### [REQUIREMENT]
Copy the data exactly from the line that contains "see as trees." through the line that contains "pub enum TermNode", keeping both end lines and leaving out everything else.

### [EXERCISE DATA]

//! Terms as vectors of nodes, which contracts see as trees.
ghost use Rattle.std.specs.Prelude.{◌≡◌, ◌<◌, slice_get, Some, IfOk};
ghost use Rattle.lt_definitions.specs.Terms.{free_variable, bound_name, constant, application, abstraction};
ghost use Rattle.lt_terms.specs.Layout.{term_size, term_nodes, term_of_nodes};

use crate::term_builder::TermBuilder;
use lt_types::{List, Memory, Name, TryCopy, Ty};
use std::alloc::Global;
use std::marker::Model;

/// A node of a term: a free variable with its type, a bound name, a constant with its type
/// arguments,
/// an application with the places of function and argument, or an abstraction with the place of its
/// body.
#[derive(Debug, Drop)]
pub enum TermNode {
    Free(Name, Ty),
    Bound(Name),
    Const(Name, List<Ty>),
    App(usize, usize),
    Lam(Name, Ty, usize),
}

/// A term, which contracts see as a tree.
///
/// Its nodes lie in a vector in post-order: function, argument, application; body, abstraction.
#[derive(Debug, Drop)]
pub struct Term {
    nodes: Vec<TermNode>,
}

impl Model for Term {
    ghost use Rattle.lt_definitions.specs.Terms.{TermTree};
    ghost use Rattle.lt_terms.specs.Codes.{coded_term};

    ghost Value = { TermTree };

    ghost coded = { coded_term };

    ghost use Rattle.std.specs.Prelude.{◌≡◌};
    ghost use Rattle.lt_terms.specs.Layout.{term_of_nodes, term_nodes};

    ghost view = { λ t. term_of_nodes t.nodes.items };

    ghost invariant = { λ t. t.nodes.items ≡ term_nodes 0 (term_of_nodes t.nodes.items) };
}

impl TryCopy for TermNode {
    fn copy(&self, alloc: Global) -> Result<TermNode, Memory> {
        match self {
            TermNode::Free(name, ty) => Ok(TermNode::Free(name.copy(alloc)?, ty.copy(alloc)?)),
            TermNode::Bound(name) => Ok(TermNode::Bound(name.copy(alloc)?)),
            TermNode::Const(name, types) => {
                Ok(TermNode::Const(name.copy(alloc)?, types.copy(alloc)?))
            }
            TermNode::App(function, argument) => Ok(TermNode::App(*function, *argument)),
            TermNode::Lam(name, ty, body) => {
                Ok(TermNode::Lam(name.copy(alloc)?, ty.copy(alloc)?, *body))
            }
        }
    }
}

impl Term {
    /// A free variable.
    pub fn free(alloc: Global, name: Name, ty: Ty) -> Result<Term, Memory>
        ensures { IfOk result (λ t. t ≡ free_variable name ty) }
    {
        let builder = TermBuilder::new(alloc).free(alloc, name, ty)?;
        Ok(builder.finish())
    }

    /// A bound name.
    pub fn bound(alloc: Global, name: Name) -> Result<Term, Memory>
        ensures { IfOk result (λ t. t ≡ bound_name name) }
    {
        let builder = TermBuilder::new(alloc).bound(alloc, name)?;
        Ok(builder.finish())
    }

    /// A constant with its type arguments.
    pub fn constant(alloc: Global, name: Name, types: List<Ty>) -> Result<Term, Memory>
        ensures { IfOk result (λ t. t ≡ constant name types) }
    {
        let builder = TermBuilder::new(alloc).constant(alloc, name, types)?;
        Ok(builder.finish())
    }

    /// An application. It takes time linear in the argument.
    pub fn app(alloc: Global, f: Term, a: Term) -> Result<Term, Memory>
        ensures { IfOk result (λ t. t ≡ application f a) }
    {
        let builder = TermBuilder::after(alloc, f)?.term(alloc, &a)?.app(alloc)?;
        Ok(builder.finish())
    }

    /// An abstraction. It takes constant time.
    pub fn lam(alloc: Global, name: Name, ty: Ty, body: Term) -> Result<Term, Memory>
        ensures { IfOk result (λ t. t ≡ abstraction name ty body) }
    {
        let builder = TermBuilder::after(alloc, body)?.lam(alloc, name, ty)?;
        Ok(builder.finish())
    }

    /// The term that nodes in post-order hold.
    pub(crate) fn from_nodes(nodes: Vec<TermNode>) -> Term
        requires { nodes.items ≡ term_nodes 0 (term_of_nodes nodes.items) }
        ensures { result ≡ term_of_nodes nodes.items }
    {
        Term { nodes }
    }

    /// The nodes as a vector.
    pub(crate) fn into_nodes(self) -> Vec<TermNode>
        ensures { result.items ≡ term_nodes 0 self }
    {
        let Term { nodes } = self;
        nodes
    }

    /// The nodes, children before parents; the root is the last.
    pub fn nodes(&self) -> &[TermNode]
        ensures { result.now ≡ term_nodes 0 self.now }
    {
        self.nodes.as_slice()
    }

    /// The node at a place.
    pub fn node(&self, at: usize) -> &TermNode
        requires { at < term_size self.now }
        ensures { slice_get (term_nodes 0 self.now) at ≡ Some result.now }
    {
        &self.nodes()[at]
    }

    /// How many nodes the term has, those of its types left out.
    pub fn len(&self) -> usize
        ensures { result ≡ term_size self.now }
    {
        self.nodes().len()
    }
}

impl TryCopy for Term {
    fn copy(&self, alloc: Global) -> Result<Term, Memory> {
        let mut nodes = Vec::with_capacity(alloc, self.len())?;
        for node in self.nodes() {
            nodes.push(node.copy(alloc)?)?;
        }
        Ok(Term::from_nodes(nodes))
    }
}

* * *

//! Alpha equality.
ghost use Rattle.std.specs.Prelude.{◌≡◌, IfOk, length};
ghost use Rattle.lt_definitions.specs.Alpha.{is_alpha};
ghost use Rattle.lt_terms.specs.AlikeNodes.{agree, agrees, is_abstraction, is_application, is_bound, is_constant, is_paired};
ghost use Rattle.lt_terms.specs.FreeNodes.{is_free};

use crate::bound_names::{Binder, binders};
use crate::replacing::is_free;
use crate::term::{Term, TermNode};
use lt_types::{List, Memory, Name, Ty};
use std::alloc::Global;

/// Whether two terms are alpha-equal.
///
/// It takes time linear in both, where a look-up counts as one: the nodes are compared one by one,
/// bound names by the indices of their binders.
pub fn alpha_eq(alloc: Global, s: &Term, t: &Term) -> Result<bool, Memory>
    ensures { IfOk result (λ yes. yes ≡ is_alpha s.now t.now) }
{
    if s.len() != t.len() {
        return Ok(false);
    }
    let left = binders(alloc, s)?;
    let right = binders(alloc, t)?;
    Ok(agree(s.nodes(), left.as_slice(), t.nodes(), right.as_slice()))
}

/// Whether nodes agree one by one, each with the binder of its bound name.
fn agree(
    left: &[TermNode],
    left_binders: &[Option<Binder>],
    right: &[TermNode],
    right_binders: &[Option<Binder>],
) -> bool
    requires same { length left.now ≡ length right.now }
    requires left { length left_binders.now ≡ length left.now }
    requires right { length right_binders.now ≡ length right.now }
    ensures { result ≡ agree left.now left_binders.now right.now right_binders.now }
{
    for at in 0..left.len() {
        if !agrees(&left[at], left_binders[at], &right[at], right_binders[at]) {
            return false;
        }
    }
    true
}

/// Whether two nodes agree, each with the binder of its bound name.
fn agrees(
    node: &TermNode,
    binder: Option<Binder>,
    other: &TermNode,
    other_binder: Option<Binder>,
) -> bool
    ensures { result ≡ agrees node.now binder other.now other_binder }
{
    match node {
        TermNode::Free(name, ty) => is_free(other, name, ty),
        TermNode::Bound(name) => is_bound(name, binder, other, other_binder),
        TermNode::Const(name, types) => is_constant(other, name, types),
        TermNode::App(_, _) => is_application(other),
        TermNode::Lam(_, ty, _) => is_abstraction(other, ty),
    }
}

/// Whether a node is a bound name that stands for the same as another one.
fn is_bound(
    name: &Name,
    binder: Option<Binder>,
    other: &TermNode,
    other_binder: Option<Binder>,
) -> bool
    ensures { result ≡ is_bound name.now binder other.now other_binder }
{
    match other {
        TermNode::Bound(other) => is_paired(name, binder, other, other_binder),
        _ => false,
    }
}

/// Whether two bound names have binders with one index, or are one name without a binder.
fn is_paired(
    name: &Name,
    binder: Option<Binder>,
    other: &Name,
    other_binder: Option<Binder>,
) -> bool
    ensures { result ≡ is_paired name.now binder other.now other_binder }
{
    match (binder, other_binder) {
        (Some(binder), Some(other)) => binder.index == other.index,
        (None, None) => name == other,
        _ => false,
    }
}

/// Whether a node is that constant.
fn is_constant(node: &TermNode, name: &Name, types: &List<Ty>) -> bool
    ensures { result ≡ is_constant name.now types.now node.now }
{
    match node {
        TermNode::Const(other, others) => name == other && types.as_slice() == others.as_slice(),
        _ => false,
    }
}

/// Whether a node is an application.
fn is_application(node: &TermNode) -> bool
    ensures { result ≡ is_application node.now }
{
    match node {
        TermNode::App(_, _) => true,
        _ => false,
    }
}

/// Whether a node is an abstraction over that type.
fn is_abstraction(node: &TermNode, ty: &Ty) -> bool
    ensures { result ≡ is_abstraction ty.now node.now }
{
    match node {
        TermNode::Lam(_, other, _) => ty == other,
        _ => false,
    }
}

### [THE COMPLETED TASK]
//! Terms as vectors of nodes, which contracts see as trees.
ghost use Rattle.std.specs.Prelude.{◌≡◌, ◌<◌, slice_get, Some, IfOk};
ghost use Rattle.lt_definitions.specs.Terms.{free_variable, bound_name, constant, application, abstraction};
ghost use Rattle.lt_terms.specs.Layout.{term_size, term_nodes, term_of_nodes};

use crate::term_builder::TermBuilder;
use lt_types::{List, Memory, Name, TryCopy, Ty};
use std::alloc::Global;
use std::marker::Model;

/// A node of a term: a free variable with its type, a bound name, a constant with its type
/// arguments,
/// an application with the places of function and argument, or an abstraction with the place of its
/// body.
#[derive(Debug, Drop)]
pub enum TermNode {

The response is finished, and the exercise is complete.